Another player providing chat services is Skype. Skype started with voice, that was their killing proposition (like chat was for WhatsApp). Now Skype has a rather good chat client, and WhatsApp seems to have plans to launch a voice service. It seems Skype is taking a different path with other cooldevelopments such as real-time translation http://www.engadget.com/2014/11/03/skype-translator-preview/
Forums and Social Networks
The rise and success of Facebook and Twitter changed the Internet ecosystem of communities, that were mainly expressed through forums and blogs. Social networks have thoroughly developed the concept of real-time feed, as opposed to static categories and updates on topics. So what you see when you enter in a social network is a timeline of news. If you don’t check it often, it will be a loooong list of items. But there is no taxonomy or categorization of topics, there are no threads or anything similar that really helps keeping things tidy and searchable like in forums.
So, no, social networks are no replacement to forums at all. But they do offer a sense of community, and they keep users busy browsing the timelines. Besides, posts can be commented with comments and nested comments, so they can host interesting discussions like in forums. But they are quickly sank in the timeline, and difficult to bring back. Whereas forums emphasize the idea of a keeping alive old threads and making past info easy to fetch, the social networks put their emphasis on the fact of being fast-info (like fast-food) that needs to be consumed quickly or it will vanish and get lost. Social networks in a way foster a stressful way of consuming information.
Another solution to control the noise and concerns about privacy in Facebook has been the idea of creating vertical networks, i.e. social networks devoted to one community or one topic. Platforms such as Ning, or the social network plugin for WordPress BudyPress.
But not everything has been negative for the forums. The highest value that these social media have given to forums are the login plugins. In a crowded Internet, where everyone is competing for your attention, and users are tired of creating a new user for every service, the possibility to get new users that can log in with their existing Facebook/Twitter/Google+/LinkedIn credentials is a game changers. Many times they will not need even to enter the username password if they are already logged in the social networks in the same computer.
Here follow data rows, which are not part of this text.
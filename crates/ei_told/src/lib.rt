//! What a client took of a server's messages is what the server sent, where none was dropped, so that whatever holds of all events
//! that were sent holds of those that were taken. Definitions, and a function that does nothing and whose clauses are their laws.
//!
//! There is no code here. Begin with `specs/Told.antt`. Lists of messages have the newest first.
#![tactic(auto)]

pub mod laws;
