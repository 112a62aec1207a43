//! The versions that a handshake settles, as a map. The function does nothing: its clauses are the laws.

ghost use Rattle.std.specs.Prelude.{◌≡◌, ◌≢◌, ℕ, min, List, [], ◌∷◌, true, false, Some, None};
ghost use Rattle.std.specs.FinMap as finite;
ghost use Rattle.ei_spec.specs.declared.interface.KnownInterface.{KnownInterface};
ghost use Rattle.ei_spec.specs.declared.interface.KnownInterface.TheVariants as known;
ghost use Rattle.ei_spec.specs.Interface.{name_of, known_of, server_version};
ghost use Rattle.ei_spec.specs.Message.{Raw};
ghost use Rattle.ei_session.specs.Handshake.{Announced, announced, connected, settled};
ghost use Rattle.ei_session.specs.SettledMap.{Versions, settled_map};

/// The map has the version of each interface that is settled, and no other key; and what a message
/// changes of it.
pub fn settled_versions()
    ensures settled { (before : List Raw) (interface : KnownInterface) → interface ≢ known.Handshake →
        finite.get (settled_map before) (name_of interface) ≡ settled before interface }
    ensures handshake { (before : List Raw) → finite.get (settled_map before) (name_of known.Handshake) ≡ None }
    ensures unknown { (before : List Raw) (name : List ℕ) → known_of name ≡ None →
        finite.get (settled_map before) name ≡ None }
    ensures only { (before : List Raw) (map : Versions) →
        ((i : KnownInterface) → i ≢ known.Handshake → finite.get map (name_of i) ≡ settled before i) →
        finite.get map (name_of known.Handshake) ≡ None →
        ((name : List ℕ) → known_of name ≡ None → finite.get map name ≡ None) → map ≡ settled_map before }
    ensures first { settled_map [] ≡ finite.empty }
    ensures announced { (before : List Raw) (m : Raw) (a : Announced) (i : KnownInterface) → connected before ≡ false →
        announced m ≡ Some a → known_of a.name ≡ Some i → i ≢ known.Handshake →
        settled_map (m ∷ before) ≡ finite.insert (settled_map before) a.name (min (server_version i) a.version) }
    ensures of_handshake { (before : List Raw) (m : Raw) (a : Announced) → announced m ≡ Some a →
        known_of a.name ≡ Some known.Handshake → settled_map (m ∷ before) ≡ settled_map before }
    ensures of_unknown { (before : List Raw) (m : Raw) (a : Announced) → announced m ≡ Some a →
        known_of a.name ≡ None → settled_map (m ∷ before) ≡ settled_map before }
    ensures other { (before : List Raw) (m : Raw) → announced m ≡ None →
        settled_map (m ∷ before) ≡ settled_map before }
    ensures connected { (before : List Raw) (m : Raw) → connected before ≡ true →
        settled_map (m ∷ before) ≡ settled_map before }
{}
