//! Which objects there are, told by their ids. Each function does nothing: its clauses are the laws.

ghost use Rattle.std.specs.Prelude.{◌≡◌, ◌≢◌, ◌<◌, ◌+◌, ℕ, List, ◌∷◌, true, false, Some, None, nat_eq, if◌then◌else◌};
ghost use Rattle.std.specs.Prelude.{slice_get, is_some, not, codes};
ghost use Rattle.std.specs.List.{list_any};
ghost use Rattle.ei_spec.specs.declared.interface.KnownInterface.{KnownInterface};
ghost use Rattle.ei_spec.specs.declared.interface.KnownInterface.TheVariants as known;
ghost use Rattle.ei_spec.specs.Message.{Raw};
ghost use Rattle.ei_session.specs.Asked.{asks};
ghost use Rattle.ei_session.specs.Handshake.{is_the_finish, version};
ghost use Rattle.ei_session.specs.Devices.{interfaces_of, made, next_id};
ghost use Rattle.ei_session.specs.Objects.{Entry, introduces, introduced, removes, object, interfaces_left, gone};
ghost use Rattle.ei_session.specs.Kept.{is_removed, is_bare, home};

/// A new device has the next id, and its interfaces the ids that follow, in their order; older ids are as they were.
pub fn new_objects()
    ensures device { (before : List Raw) (m : Raw) (mask : ℕ) → made before m ≡ Some mask →
        object (m ∷ before) (next_id before) ≡
        Some (record {
          interface = known.Device;
          version = version before known.Device;
          device = Some (next_id before);
        }) }
    ensures interface { (before : List Raw) (m : Raw) (mask k : ℕ) (i : KnownInterface) → made before m ≡ Some mask →
        slice_get (interfaces_of mask) k ≡ Some i →
        object (m ∷ before) (next_id before + 1 + k) ≡
        Some (record { interface = i; version = version before i; device = Some (next_id before) }) }
    ensures older { (before : List Raw) (m : Raw) (mask id : ℕ) → made before m ≡ Some mask → id < next_id before →
        object (m ∷ before) id ≡ object before id }
{}

/// A message that gives no object takes just those away that it names to go.
pub fn objects_gone()
    ensures release { (before : List Raw) (m : Raw) (e : Entry) (id : ℕ) → object before m.id ≡ Some e →
        asks e.interface (codes "release") m ≡ true →
        object (m ∷ before) id ≡ (if list_any (nat_eq id) (gone before m) then None else object before id) }
    ensures any { (before : List Raw) (m : Raw) (id : ℕ) → is_the_finish before m ≡ false → made before m ≡ None →
        object (m ∷ before) id ≡ (if list_any (nat_eq id) (gone before m) then None else object before id) }
{}

/// The interfaces that a device has left are the objects of it, but for itself.
pub fn interfaces_there()
    ensures there { (before : List Raw) (device id : ℕ) →
        list_any (nat_eq id) (interfaces_left before device) ≡ true → is_some (object before id) ≡ true }
    ensures own { (before : List Raw) (device id : ℕ) (e : Entry) →
        list_any (nat_eq id) (interfaces_left before device) ≡ true → object before id ≡ Some e →
        e.device ≡ Some device }
    ensures above { (before : List Raw) (device id : ℕ) →
        list_any (nat_eq id) (interfaces_left before device) ≡ true → device < id }
    ensures all { (before : List Raw) (device id : ℕ) (e : Entry) → object before id ≡ Some e →
        e.device ≡ Some device → id ≢ device →
        list_any (nat_eq id) (interfaces_left before device) ≡ true }
{}

/// What is there is what was introduced and not removed: each id is introduced once, and removed only after that.
pub fn objects_introduced()
    ensures there { (before : List Raw) (id : ℕ) →
        object before id ≡ (if is_removed before id then None else introduced before id) }
    ensures once { (before : List Raw) (m : Raw) (id : ℕ) (e : Entry) → introduces before m id ≡ Some e →
        introduced before id ≡ None }
    ensures below { (before : List Raw) (id : ℕ) (e : Entry) → introduced before id ≡ Some e → id < next_id before }
    ensures removed { (before : List Raw) (m : Raw) (id : ℕ) → removes before m id ≡ true →
        is_some (introduced before id) ≡ true }
{}

/// Which interfaces are at which ids: the handshake, the connection and the seat have one each, and any other is of a
/// device.
pub fn objects_placed()
    ensures home { (before : List Raw) (id : ℕ) (e : Entry) → object before id ≡ Some e → is_bare e.interface ≡ true →
        home e.interface ≡ Some id }
    ensures bare { (before : List Raw) (id : ℕ) (e : Entry) → object before id ≡ Some e →
        is_some e.device ≡ not (is_bare e.interface) }
    ensures owned { (before : List Raw) (id : ℕ) (e : Entry) → object before id ≡ Some e →
        is_bare e.interface ≡ false → (d : ℕ) × (e.device ≡ Some d) }
{}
So what is our conclusion? we wanted to review different solutions and trends that have been happening in the Internet since it’s inception, in order to give an idea of how the usability and available technologies at each moment try to solve the need for group organised communication. Here at Dilmot, as you probably know, we develop a live Q&A platform that resembles a bit of all of the above solutions. Today Dilmot is aimed at solving the need for one-to-many communication, with moderated questions. And we focus on the functionality of having a remote guest answering in real-time. But there are “feature hacks” that allow our users to make many different uses of the tool. We will continue editing this document and improving it’s vision and conclusions. Thanks for reading.